RECORDS FOR THIS EXERCISE:
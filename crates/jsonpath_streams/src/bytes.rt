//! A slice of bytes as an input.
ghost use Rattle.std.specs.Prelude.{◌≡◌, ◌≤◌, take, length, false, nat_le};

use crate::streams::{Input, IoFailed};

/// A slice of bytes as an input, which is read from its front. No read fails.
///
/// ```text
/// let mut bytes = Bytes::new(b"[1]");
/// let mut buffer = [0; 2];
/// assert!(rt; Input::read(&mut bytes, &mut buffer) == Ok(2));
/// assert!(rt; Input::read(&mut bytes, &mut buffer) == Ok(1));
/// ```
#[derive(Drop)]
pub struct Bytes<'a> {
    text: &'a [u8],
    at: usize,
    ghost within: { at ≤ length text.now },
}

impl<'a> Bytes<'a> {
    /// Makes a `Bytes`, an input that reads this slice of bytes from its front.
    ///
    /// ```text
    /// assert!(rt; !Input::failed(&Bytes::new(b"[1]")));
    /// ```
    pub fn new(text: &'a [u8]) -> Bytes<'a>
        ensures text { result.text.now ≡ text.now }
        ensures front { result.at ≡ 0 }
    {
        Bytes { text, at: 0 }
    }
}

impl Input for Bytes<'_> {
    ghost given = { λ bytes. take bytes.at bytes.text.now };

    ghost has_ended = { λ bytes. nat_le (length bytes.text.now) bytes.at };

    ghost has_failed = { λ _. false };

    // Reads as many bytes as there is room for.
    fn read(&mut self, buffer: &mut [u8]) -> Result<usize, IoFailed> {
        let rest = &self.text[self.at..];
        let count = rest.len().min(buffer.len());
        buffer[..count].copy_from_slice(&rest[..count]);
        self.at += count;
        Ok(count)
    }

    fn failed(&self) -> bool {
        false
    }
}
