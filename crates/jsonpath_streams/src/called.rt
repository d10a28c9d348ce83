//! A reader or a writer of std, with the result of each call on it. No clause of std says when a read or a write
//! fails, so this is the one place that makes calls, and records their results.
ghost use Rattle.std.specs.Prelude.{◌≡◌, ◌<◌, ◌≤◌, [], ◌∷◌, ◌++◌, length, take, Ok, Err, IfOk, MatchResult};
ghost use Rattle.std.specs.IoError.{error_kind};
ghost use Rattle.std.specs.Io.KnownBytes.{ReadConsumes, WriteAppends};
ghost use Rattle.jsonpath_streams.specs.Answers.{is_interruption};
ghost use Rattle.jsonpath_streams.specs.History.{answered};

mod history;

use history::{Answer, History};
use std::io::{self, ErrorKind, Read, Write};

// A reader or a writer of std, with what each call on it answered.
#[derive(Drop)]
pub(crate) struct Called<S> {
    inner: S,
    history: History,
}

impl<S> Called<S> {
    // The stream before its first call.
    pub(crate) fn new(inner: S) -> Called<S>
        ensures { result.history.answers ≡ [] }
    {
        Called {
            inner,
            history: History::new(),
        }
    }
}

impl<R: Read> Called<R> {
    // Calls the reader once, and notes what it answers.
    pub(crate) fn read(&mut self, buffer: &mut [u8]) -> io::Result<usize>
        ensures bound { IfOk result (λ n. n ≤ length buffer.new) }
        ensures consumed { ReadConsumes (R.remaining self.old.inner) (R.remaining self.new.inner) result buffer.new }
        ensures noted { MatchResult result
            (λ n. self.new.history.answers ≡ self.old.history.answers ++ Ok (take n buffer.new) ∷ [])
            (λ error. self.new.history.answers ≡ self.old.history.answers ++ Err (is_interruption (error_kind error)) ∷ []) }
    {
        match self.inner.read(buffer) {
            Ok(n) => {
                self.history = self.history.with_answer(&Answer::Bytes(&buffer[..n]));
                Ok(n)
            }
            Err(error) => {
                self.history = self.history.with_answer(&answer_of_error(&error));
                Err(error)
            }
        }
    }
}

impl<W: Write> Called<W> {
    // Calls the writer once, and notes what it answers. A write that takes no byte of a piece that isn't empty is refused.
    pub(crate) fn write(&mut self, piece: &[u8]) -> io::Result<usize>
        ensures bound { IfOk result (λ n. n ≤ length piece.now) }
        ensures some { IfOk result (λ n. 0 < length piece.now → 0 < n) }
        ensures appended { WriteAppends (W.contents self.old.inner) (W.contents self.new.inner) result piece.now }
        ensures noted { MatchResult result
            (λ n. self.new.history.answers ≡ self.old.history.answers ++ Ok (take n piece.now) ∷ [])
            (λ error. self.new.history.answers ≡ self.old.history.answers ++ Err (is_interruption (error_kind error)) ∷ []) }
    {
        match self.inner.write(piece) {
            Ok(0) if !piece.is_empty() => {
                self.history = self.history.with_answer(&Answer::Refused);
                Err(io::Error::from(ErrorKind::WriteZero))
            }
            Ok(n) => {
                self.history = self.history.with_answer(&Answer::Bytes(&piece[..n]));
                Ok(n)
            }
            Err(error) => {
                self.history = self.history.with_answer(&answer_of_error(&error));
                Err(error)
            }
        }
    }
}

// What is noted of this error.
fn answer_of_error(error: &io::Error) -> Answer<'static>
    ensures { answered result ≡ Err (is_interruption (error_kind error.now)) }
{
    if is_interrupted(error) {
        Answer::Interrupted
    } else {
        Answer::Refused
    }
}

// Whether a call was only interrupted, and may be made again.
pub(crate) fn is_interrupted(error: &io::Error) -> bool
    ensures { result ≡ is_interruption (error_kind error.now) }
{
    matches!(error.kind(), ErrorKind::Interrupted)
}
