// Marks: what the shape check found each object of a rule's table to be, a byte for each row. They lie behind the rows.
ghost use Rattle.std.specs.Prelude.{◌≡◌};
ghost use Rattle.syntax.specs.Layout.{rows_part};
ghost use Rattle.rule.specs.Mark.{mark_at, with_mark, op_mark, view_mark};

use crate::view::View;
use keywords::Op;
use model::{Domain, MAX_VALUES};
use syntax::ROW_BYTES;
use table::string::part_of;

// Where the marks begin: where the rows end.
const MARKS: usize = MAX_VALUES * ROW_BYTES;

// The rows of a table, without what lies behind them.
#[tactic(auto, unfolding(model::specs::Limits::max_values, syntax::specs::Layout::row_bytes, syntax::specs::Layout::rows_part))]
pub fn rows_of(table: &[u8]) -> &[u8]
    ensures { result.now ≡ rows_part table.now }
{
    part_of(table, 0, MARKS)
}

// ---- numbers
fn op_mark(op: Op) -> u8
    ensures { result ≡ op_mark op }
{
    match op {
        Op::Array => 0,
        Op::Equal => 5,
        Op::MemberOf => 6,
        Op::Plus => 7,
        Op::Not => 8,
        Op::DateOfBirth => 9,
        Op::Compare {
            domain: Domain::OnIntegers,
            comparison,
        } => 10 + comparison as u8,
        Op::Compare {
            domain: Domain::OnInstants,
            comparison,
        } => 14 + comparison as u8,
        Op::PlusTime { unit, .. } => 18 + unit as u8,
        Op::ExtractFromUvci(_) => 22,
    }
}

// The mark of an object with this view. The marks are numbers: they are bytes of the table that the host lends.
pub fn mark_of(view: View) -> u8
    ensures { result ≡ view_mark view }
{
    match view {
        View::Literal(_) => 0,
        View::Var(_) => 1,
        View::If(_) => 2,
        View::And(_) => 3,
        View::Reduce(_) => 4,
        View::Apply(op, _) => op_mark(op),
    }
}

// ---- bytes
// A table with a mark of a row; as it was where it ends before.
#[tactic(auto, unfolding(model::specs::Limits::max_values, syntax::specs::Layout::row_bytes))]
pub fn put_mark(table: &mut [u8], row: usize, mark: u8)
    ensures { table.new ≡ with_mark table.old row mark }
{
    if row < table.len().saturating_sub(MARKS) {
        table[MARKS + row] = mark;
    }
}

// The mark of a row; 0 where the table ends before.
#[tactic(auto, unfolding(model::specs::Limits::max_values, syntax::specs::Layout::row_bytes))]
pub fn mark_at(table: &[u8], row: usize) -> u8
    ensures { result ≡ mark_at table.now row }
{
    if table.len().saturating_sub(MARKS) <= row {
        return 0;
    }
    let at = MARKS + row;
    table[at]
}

BRIEF: In the listing above, find the line with "pub(crate) fn new(inner: S) -> Called<S>" and the line with "impl<W: Write> Called<W>", then reproduce both and every line between them exactly.

SOLUTION TO THE EXERCISE:
    pub(crate) fn new(inner: S) -> Called<S>
        ensures { result.history.answers ≡ [] }
    {
        Called {
            inner,
            history: History::new(),
        }
    }
}

impl<R: Read> Called<R> {
    // Calls the reader once, and notes what it answers.
    pub(crate) fn read(&mut self, buffer: &mut [u8]) -> io::Result<usize>
        ensures bound { IfOk result (λ n. n ≤ length buffer.new) }
        ensures consumed { ReadConsumes (R.remaining self.old.inner) (R.remaining self.new.inner) result buffer.new }
        ensures noted { MatchResult result
            (λ n. self.new.history.answers ≡ self.old.history.answers ++ Ok (take n buffer.new) ∷ [])
            (λ error. self.new.history.answers ≡ self.old.history.answers ++ Err (is_interruption (error_kind error)) ∷ []) }
    {
        match self.inner.read(buffer) {
            Ok(n) => {
                self.history = self.history.with_answer(&Answer::Bytes(&buffer[..n]));
                Ok(n)
            }
            Err(error) => {
                self.history = self.history.with_answer(&answer_of_error(&error));
                Err(error)
            }
        }
    }
}

impl<W: Write> Called<W> {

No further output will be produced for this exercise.